Monday, July 28, 2014

Time to Reset the Revenue Barometer

The national coverage of Kansas' budget crisis continues.
This one is from the Daily Beast: "Sam Brownback's Kansas Catastrophe." 
By Duane Goossen

A huge drop in state revenue collections has occurred.  The dramatic changes to Kansas tax policy hit full force in fiscal year 2014, bringing total State General Fund receipts down $688 million from FY 2013 levels.  

For months we have been learning how far revenue has fallen, but now we need to reset our revenue barometer for a new fiscal year.   

The first monthly revenue report of FY 2015 arrives July 31.  How do we judge how the state is doing financially?  

The key:  watch to see whether individual income tax receipts are higher than they were in FY 2014. 

The FY 2015 budget is based on an estimate that revenue will rise more than $300 million, mostly from income tax gains.

If revenue grows $300 million, the state will just barely be able to cover approved FY 2015 spending and finish the fiscal year with a bank balance just above zero.  That’s a very poor financial position to be in, but at least mid-year budget cuts can be avoided.

On the other hand, if FY 2015 revenue only matches the amount received in FY 2014, the approved budget will have to be cut to keep the State General Fund solvent. Receiving the same amount of revenue in FY 2015 as in FY 2014 will not mean that the state’s financial situation has stabilized.  It means it’s getting worse. (The FY 2016 budget is in very big trouble no matter what happens in FY 2015.)  

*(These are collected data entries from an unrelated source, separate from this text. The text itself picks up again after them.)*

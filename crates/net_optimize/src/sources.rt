//! What registers are set to, and under which conditions, and what is stored: found once for all of them.

use net_core::tree::{Expr, Net, Stmt, Stmts};
use std::alloc::{AllocError, Global};

/// Of each register the expressions that say what it holds next, and those that say what memories hold next.
#[derive(Drop)]
pub(crate) struct Sources<'a> {
    pub(crate) registers: Vec<Vec<&'a Expr<Net>>>,
    pub(crate) memories: Vec<&'a Expr<Net>>,
}

impl<'a> Sources<'a> {
    fn add_to_register(
        &mut self,
        k: u32,
        e: &'a Expr<Net>,
        conditions: &[&'a Expr<Net>],
    ) -> Result<(), AllocError> {
        if let Some(all) = self.registers.get_mut(k as usize) {
            all.push(e)?;
            for c in conditions {
                all.push(*c)?;
            }
        }
        Ok(())
    }

    fn add_to_memories(
        &mut self,
        i: &'a Expr<Net>,
        e: &'a Expr<Net>,
        conditions: &[&'a Expr<Net>],
    ) -> Result<(), AllocError> {
        self.memories.push(i)?;
        self.memories.push(e)?;
        for c in conditions {
            self.memories.push(*c)?;
        }
        Ok(())
    }

    // A statement under these conditions.
    #[cycle(statements)]
    fn add(
        &mut self,
        stmt: &'a Stmt<Net>,
        conditions: &mut Vec<&'a Expr<Net>>,
    ) -> Result<(), AllocError> {
        match stmt {
            Stmt::Block(more) => self.add_all(more, conditions),
            Stmt::If(c, a) => {
                conditions.push(c)?;
                self.add(a, conditions)?;
                let _ = conditions.pop();
                Ok(())
            }
            Stmt::IfElse(c, a, b) => {
                conditions.push(c)?;
                self.add(a, conditions)?;
                self.add(b, conditions)?;
                let _ = conditions.pop();
                Ok(())
            }
            Stmt::Set(k, e) => self.add_to_register(*k, e, conditions.as_slice()),
            Stmt::Store(_, i, e) => self.add_to_memories(i, e, conditions.as_slice()),
        }
    }

    // Without a recursion over the statements: there may be any number.
    #[cycle(statements)]
    fn add_all(
        &mut self,
        stmts: &'a Stmts<Net>,
        conditions: &mut Vec<&'a Expr<Net>>,
    ) -> Result<(), AllocError> {
        let mut left = stmts;
        while let Stmts::Then(a, more) = left {
            self.add(a, conditions)?;
            left = more;
        }
        Ok(())
    }
}

/// What always blocks set so many registers and the memories to.
pub(crate) fn sources_of(
    alloc: Global,
    always: &[Stmt<Net>],
    count: usize,
) -> Result<Sources<'_>, AllocError> {
    let mut registers = Vec::new(alloc);
    for _ in 0..count {
        registers.push(Vec::new(alloc))?;
    }
    let mut all = Sources {
        registers,
        memories: Vec::new(alloc),
    };
    let mut conditions = Vec::new(alloc);
    for stmt in always {
        all.add(stmt, &mut conditions)?;
    }
    Ok(all)
}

Don’t count on the Kansas Department of Revenue to interpret what is happening.  The Department’s track record for accurately explaining revenue reports during FY 2014 has been unreliable, reaching a low point when April revenue declines were blamed on President Obama.

Use the chart below to assess revenue each month.  Pay the most attention to income tax receipts, but don’t concentrate too much on any one month.  Things like paycheck withholding can vary a bit.  Look for the trend.

Remember, the big drop in revenue occurred in FY 2014. If revenue now stays down at that level and does not grow substantially, immediate surgery needs to be done on this year’s budget.